(Collected data entries)

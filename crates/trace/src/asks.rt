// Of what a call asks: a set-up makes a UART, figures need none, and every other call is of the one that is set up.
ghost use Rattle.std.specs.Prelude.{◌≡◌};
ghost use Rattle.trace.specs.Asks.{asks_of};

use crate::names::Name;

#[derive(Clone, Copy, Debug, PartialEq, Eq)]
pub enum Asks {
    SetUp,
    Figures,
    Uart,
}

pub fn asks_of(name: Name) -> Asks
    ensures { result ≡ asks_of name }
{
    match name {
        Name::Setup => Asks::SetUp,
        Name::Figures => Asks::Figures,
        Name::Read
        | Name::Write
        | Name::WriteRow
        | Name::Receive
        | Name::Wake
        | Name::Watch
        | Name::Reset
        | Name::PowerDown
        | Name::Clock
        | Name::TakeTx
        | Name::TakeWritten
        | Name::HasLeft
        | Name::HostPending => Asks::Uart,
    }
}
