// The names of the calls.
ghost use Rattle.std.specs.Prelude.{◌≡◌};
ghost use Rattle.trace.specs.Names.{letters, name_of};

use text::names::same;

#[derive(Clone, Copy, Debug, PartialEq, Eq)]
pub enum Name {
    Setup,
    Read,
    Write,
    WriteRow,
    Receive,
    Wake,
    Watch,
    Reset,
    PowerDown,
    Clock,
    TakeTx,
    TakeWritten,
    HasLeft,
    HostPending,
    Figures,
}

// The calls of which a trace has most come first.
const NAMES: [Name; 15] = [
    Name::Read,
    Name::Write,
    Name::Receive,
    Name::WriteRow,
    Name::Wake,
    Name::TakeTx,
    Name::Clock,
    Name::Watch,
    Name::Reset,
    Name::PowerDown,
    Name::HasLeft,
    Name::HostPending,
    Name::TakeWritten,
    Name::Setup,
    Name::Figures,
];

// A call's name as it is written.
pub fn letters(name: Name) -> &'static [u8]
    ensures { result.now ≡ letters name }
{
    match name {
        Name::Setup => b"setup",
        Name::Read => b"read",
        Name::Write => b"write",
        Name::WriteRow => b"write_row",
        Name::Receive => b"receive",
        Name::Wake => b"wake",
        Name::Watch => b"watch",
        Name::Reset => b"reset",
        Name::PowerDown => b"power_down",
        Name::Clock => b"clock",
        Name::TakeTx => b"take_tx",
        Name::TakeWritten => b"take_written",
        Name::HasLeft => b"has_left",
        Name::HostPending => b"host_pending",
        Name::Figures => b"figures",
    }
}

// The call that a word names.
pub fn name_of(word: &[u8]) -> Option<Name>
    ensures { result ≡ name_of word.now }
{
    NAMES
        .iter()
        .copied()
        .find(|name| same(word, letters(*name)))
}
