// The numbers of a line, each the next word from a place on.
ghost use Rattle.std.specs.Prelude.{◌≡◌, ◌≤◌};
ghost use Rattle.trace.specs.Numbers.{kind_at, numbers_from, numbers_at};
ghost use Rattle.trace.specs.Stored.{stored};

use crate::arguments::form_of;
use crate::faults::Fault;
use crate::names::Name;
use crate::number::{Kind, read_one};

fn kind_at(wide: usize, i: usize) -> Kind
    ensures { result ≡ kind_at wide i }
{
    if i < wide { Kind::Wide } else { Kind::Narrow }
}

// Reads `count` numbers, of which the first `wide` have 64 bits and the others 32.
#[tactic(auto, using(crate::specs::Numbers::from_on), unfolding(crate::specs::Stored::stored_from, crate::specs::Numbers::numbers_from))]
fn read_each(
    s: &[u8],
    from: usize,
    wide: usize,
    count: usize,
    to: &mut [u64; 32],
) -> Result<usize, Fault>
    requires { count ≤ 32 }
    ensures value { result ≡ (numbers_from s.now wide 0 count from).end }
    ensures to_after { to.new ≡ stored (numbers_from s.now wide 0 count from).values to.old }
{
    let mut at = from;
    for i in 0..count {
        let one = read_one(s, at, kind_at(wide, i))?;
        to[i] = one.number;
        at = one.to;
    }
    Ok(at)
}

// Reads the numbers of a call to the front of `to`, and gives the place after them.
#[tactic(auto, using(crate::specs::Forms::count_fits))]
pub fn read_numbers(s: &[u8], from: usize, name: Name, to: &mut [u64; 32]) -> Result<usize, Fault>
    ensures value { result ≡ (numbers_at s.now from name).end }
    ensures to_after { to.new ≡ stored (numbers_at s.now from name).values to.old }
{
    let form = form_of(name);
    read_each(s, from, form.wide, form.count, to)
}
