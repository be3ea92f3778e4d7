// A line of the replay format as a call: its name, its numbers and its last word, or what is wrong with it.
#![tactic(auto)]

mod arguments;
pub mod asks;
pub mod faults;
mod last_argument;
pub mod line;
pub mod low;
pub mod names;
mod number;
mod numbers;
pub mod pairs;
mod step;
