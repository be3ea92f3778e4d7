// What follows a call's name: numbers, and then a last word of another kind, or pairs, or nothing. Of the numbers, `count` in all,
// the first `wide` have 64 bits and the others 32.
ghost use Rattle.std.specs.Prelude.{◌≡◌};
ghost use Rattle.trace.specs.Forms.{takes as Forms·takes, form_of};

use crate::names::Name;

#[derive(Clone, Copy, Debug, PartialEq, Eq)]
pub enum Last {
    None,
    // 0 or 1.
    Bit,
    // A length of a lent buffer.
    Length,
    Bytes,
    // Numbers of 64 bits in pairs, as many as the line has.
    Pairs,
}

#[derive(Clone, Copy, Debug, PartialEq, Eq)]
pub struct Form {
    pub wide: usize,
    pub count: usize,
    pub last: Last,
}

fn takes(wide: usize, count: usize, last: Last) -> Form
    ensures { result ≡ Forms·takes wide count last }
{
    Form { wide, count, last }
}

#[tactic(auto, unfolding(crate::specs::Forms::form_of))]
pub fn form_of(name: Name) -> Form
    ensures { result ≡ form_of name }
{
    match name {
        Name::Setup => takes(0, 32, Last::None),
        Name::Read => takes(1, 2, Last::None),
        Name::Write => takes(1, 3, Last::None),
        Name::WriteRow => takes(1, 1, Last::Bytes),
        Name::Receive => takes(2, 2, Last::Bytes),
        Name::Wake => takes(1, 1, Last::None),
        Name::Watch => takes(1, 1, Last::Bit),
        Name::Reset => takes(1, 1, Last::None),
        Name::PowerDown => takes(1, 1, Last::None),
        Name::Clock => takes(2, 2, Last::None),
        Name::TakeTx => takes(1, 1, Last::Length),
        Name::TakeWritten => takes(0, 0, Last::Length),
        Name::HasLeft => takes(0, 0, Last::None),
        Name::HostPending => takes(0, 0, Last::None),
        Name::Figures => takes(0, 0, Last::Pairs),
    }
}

Requirement
An exact repeat of all the records is required.

Exercise solution
filename crates/trace/src/asks.rt
// Of what a call asks: a set-up makes a UART, figures need none, and every other call is of the one that is set up.
ghost use Rattle.std.specs.Prelude.{◌≡◌};
ghost use Rattle.trace.specs.Asks.{asks_of};

use crate::names::Name;

#[derive(Clone, Copy, Debug, PartialEq, Eq)]
pub enum Asks {
    SetUp,
    Figures,
    Uart,
}

pub fn asks_of(name: Name) -> Asks
    ensures { result ≡ asks_of name }
{
    match name {
        Name::Setup => Asks::SetUp,
        Name::Figures => Asks::Figures,
        Name::Read
        | Name::Write
        | Name::WriteRow
        | Name::Receive
        | Name::Wake
        | Name::Watch
        | Name::Reset
        | Name::PowerDown
        | Name::Clock
        | Name::TakeTx
        | Name::TakeWritten
        | Name::HasLeft
        | Name::HostPending => Asks::Uart,
    }
}
// The names of the calls.
ghost use Rattle.std.specs.Prelude.{◌≡◌};
ghost use Rattle.trace.specs.Names.{letters, name_of};

use text::names::same;

#[derive(Clone, Copy, Debug, PartialEq, Eq)]
pub enum Name {
    Setup,
    Read,
    Write,
    WriteRow,
    Receive,
    Wake,
    Watch,
    Reset,
    PowerDown,
    Clock,
    TakeTx,
    TakeWritten,
    HasLeft,
    HostPending,
    Figures,
}

// The calls of which a trace has most come first.
const NAMES: [Name; 15] = [
    Name::Read,
    Name::Write,
    Name::Receive,
    Name::WriteRow,
    Name::Wake,
    Name::TakeTx,
    Name::Clock,
    Name::Watch,
    Name::Reset,
    Name::PowerDown,
    Name::HasLeft,
    Name::HostPending,
    Name::TakeWritten,
    Name::Setup,
    Name::Figures,
];

// A call's name as it is written.
pub fn letters(name: Name) -> &'static [u8]
    ensures { result.now ≡ letters name }
{
    match name {
        Name::Setup => b"setup",
        Name::Read => b"read",
        Name::Write => b"write",
        Name::WriteRow => b"write_row",
        Name::Receive => b"receive",
        Name::Wake => b"wake",
        Name::Watch => b"watch",
        Name::Reset => b"reset",
        Name::PowerDown => b"power_down",
        Name::Clock => b"clock",
        Name::TakeTx => b"take_tx",
        Name::TakeWritten => b"take_written",
        Name::HasLeft => b"has_left",
        Name::HostPending => b"host_pending",
        Name::Figures => b"figures",
    }
}

// The call that a word names.
pub fn name_of(word: &[u8]) -> Option<Name>
    ensures { result ≡ name_of word.now }
{
    NAMES
        .iter()
        .copied()
        .find(|name| same(word, letters(*name)))
}
// The numbers of a line, each the next word from a place on.
ghost use Rattle.std.specs.Prelude.{◌≡◌, ◌≤◌};
ghost use Rattle.trace.specs.Numbers.{kind_at, numbers_from, numbers_at};
ghost use Rattle.trace.specs.Stored.{stored};

use crate::arguments::form_of;
use crate::faults::Fault;
use crate::names::Name;
use crate::number::{Kind, read_one};

fn kind_at(wide: usize, i: usize) -> Kind
    ensures { result ≡ kind_at wide i }
{
    if i < wide { Kind::Wide } else { Kind::Narrow }
}

// Reads `count` numbers, of which the first `wide` have 64 bits and the others 32.
#[tactic(auto, using(crate::specs::Numbers::from_on), unfolding(crate::specs::Stored::stored_from, crate::specs::Numbers::numbers_from))]
fn read_each(
    s: &[u8],
    from: usize,
    wide: usize,
    count: usize,
    to: &mut [u64; 32],
) -> Result<usize, Fault>
    requires { count ≤ 32 }
    ensures value { result ≡ (numbers_from s.now wide 0 count from).end }
    ensures to_after { to.new ≡ stored (numbers_from s.now wide 0 count from).values to.old }
{
    let mut at = from;
    for i in 0..count {
        let one = read_one(s, at, kind_at(wide, i))?;
        to[i] = one.number;
        at = one.to;
    }
    Ok(at)
}

// Reads the numbers of a call to the front of `to`, and gives the place after them.
#[tactic(auto, using(crate::specs::Forms::count_fits))]
pub fn read_numbers(s: &[u8], from: usize, name: Name, to: &mut [u64; 32]) -> Result<usize, Fault>
    ensures value { result ≡ (numbers_at s.now from name).end }
    ensures to_after { to.new ≡ stored (numbers_at s.now from name).values to.old }
{
    let form = form_of(name);
    read_each(s, from, form.wide, form.count, to)
}
repository be3ea92f3778e4d7
// A line of the replay format as a call: its name, its numbers and its last word, or what is wrong with it.
#![tactic(auto)]

mod arguments;
pub mod asks;
pub mod faults;
mod last_argument;
pub mod line;
pub mod low;
pub mod names;
mod number;
mod numbers;
pub mod pairs;
mod step;
repository be3ea92f3778e4d7
// What follows a call's name: numbers, and then a last word of another kind, or pairs, or nothing. Of the numbers, `count` in all,
// the first `wide` have 64 bits and the others 32.
ghost use Rattle.std.specs.Prelude.{◌≡◌};
ghost use Rattle.trace.specs.Forms.{takes as Forms·takes, form_of};

use crate::names::Name;

#[derive(Clone, Copy, Debug, PartialEq, Eq)]
pub enum Last {
    None,
    // 0 or 1.
    Bit,
    // A length of a lent buffer.
    Length,
    Bytes,
    // Numbers of 64 bits in pairs, as many as the line has.
    Pairs,
}

#[derive(Clone, Copy, Debug, PartialEq, Eq)]
pub struct Form {
    pub wide: usize,
    pub count: usize,
    pub last: Last,
}

fn takes(wide: usize, count: usize, last: Last) -> Form
    ensures { result ≡ Forms·takes wide count last }
{
    Form { wide, count, last }
}

#[tactic(auto, unfolding(crate::specs::Forms::form_of))]
pub fn form_of(name: Name) -> Form
    ensures { result ≡ form_of name }
{
    match name {
        Name::Setup => takes(0, 32, Last::None),
        Name::Read => takes(1, 2, Last::None),
        Name::Write => takes(1, 3, Last::None),
        Name::WriteRow => takes(1, 1, Last::Bytes),
        Name::Receive => takes(2, 2, Last::Bytes),
        Name::Wake => takes(1, 1, Last::None),
        Name::Watch => takes(1, 1, Last::Bit),
        Name::Reset => takes(1, 1, Last::None),
        Name::PowerDown => takes(1, 1, Last::None),
        Name::Clock => takes(2, 2, Last::None),
        Name::TakeTx => takes(1, 1, Last::Length),
        Name::TakeWritten => takes(0, 0, Last::Length),
        Name::HasLeft => takes(0, 0, Last::None),
        Name::HostPending => takes(0, 0, Last::None),
        Name::Figures => takes(0, 0, Last::Pairs),
    }
}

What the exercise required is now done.